IT managers are abuzz about virtualization as a way to optimize and simplify their sprawling IT infrastructures....
Although currently more widespread in enterprise test labs than in actual production, virtual machines (VMs) offer an effective way of carving up a single physical system to make it appear and work like multiple systems. In today's underutilized Windows server environments, this is a real boon.
Thomas J. Deane
Here's why: Client-server technology historically deployed just one task or workload per server. This suited Windows as it grew up from a desktop to a server OS but stands in direct contrast to the multiple-workloads-per-server approach more typical of Unix and bigger systems. Over time, as computing power increased with every new x86 system, many Windows servers rolled off the assembly line loaded to just 2% to 20% of their capacity. For enterprises, that meant upward of 80% of server resources going unused.
Virtual machines allow IT to recapture a sizeable portion of this unused power through server consolidation. They create the illusion of totally separate physical machines, even though, in fact, they are running side-by-side on just one piece of hardware. VM technologies isolate the software running in one VM from that running in all other VMs on the same machine. In fact, a VM does not know of the existence of any other VM except through the same networking mechanisms that independent physical systems use to talk to each other. Moreover, each of these VMs can contain a totally different OS environment -- Windows, Linux, etc. -- from its siblings.

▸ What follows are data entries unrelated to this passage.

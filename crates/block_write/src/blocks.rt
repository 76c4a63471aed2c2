//! Blocks.

ghost use Rattle.std.specs.Prelude.{◌≡◌, ◌++◌, Bool, chars, string_bytes, map, OnOk};
ghost use Rattle.tree_text.specs.Writing.{child_text, content_text};
ghost use Rattle.written_model.specs.Blocks.{block_element};
ghost use Rattle.block_write.specs.Sections.{tag_start, start_of, holds_of, section_element};

use crate::sections::{SectionTag, push_section_end, push_section_start};
use doc_model::{Block, Section};
use paragraph_write::push_paragraph;
use sqlite_items::Items;
use std::alloc::AllocError;

/// What a section says of itself, before its blocks.
fn tag_of(section: &Section) -> SectionTag<'_>
    ensures { (holds : Bool) → tag_start result holds ≡ start_of section.now holds }
{
    SectionTag {
        name: &section.name,
        style: &section.style,
        protected: section.protected,
        hidden: section.hidden,
        source: &section.source,
    }
}

/// Whether a section holds a source or a block.
fn holds_some(section: &Section) -> bool
    ensures { result ≡ holds_of section.now }
{
    section.source.is_some() || !section.blocks.is_empty()
}

/// Adds a block.
#[cycle(push_block)]
pub fn push_block(out: &mut String, block: &Block) -> Result<(), AllocError>
    ensures { OnOk result (chars (string_bytes out.new) ≡ chars (string_bytes out.old) ++ child_text (block_element block.now)) }
{
    match block {
        Block::Par(par) => push_paragraph(out, par),
        Block::Section(section) => push_section(out, section),
    }
}

/// Adds a section.
#[cycle(push_block)]
fn push_section(out: &mut String, section: &Section) -> Result<(), AllocError>
    ensures { OnOk result (chars (string_bytes out.new) ≡ chars (string_bytes out.old) ++ child_text (section_element section.now)) }
{
    let some = holds_some(section);
    push_section_start(out, tag_of(section), some)?;
    push_items(out, &section.blocks)?;
    push_section_end(out, some)
}

/// Adds the blocks of a section.
#[cycle(push_block)]
fn push_items(out: &mut String, blocks: &Items<Block>) -> Result<(), AllocError>
    ensures { OnOk result (chars (string_bytes out.new) ≡ chars (string_bytes out.old) ++ content_text (map block_element blocks.now)) }
{
    for block in blocks.as_slice() {
        push_block(out, block)?;
    }
    Ok(())
}

/// Adds the blocks of a body.
pub fn push_blocks(out: &mut String, blocks: &[Block]) -> Result<(), AllocError>
    ensures { OnOk result (chars (string_bytes out.new) ≡ chars (string_bytes out.old) ++ content_text (map block_element blocks.now)) }
{
    for block in blocks {
        push_block(out, block)?;
    }
    Ok(())
}
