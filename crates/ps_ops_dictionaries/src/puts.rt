//! The operators that put a key with its value into a dictionary (PLRM2, 8 'Operators':
//! Dictionary).

ghost use Rattle.std.specs.Prelude.{◌≡◌, ◌≢◌, ◌<◌, ◌≤◌, ℕ, IsTrue, List, None, length, OnOk, IfErr};
ghost use Rattle.std.specs.Prelude.{true, false};
ghost use Rattle.ps_language.specs.Limits.{capacity_limit};
ghost use Rattle.ps_language.specs.Value.{Store};
ghost use Rattle.ps_mem.specs.Heap.{birth_at};
ghost use Rattle.ps_mem.specs.References.{StandsAs};
ghost use Rattle.ps_mem.specs.Shows.{AreWithin, IsValue, IsWithin};
ghost use Rattle.ps_dict.specs.Puts as puts;
ghost use Rattle.ps_dict.specs.Puts.{plan_at};
ghost use Rattle.ps_ops_operands.specs.Changes.{KeepsLogsWithin};
ghost use Rattle.ps_ops_state.specs.Acts.{Acts};
ghost use Rattle.ps_ops_state.specs.Lent.{lent_of, IsGood, IsShown};
ghost use Rattle.ps_step_lookup.specs.Keys.{IsKeyOf, word_in};
ghost use Rattle.ps_ops_dictionaries.specs.Puts.{IsLack, IsRefusal, putting, putting_asks};
ghost use Rattle.ps_ops_dictionaries.specs.Puts.{putting_key, putting_key_asks};
ghost use Rattle.ps_ops_dictionaries.specs.Puts.{putting_where_writable};

use ps_dict::changes::put;
use ps_dict::dictionaries::{access, length};
use ps_dict::plans::{CAPACITY_LIMIT, PutPlan, plan_put};
use ps_language::errors::ErrorName;
use ps_language::kinds::Kind;
use ps_mem::{Memory, Slot};
use ps_names::Names;
use ps_ops_operands::access::is_writable;
use ps_ops_operands::failure::NotMade;
use ps_ops_operands::permits::{MOST_RECORDS, granted, permitted};
use ps_ops_operands::readers::string_of;
use ps_ops_state::breaks::Break;
use ps_ops_state::lent::{Attempt, Context, Runtime};
use ps_step_lookup::keys::{Key, form_key, name_word, read_key};
use ps_word::words::Word;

One could, of course, just start putting more than one job on every Windows server. Tools like the Windows System Resource Manager (WSRM) in Windows Server 2003 certainly help, but Windows was not really designed with "many workloads per system" as its focal point, so trying to deploy many jobs per server can be a bit messy.
This is where virtual machines really shine. VMs provide the management tools and workload isolation needed to make server consolidation straightforward. VMs can help administrators reduce the total number of physical servers that need to be purchased and maintained, while creating the appearance and much of the function of the separate systems to which they're accustomed.
For power to spare, rearrange the landscape
Workload management is another benefit. Each VM is represented by one or more "container files." These files can be easily moved or copied from one system to another -- even across systems coming from different vendors or running different revs of Windows. So if your VM is running on an old system that has run out of gas, or on one that needs to be serviced, that workload can be quite easily moved to a different system that has power to spare, providing an easy mechanism for workload balancing.
These files also give the ability to "snapshot" VM running an active workload as a way of providing disaster recovery or rollback capability. The entire state of the active VM -- OS, applications and local data alike -- can be frozen and copied for future restoration. VMs provide a level of hardware independence that has seldom been seen in the Windows world. Cloning -- copying a set of VM container files and then firing up the copy -- is another plus for easy deployments, including tweaked files and configurations.
Of course, any new technology also has tradeoffs. Using VMs to consolidate many physical servers, for example, multiplies the impact should a server fail. This is mitigated by the ever-increasing availability of x86 servers, by fault-tolerant servers and clusters and by the relative ease of moving VM workloads around a datacenter. But VMs do encourage putting multiple eggs in one basket -- so the basket has to be better constructed and protected.
Moreover, for server consolidation to make sense, you have to have spare horsepower. If two servers are already more than 50% loaded, for example, they would be poor candidates for consolidation. VMs introduce their own overhead, which can range from just a couple percentage points up to 25%. Very I/O-intensive workloads are not generally good candidates, because I/O has to pass though multiple additional layers of virtualization code, slowing performance.
Virtualization is never free. As with any new technology, its tradeoffs have to be understood and accommodated. While virtual machines impose their own overhead and tradeoffs, they are worth considering for their substantial consolidation and management advantages.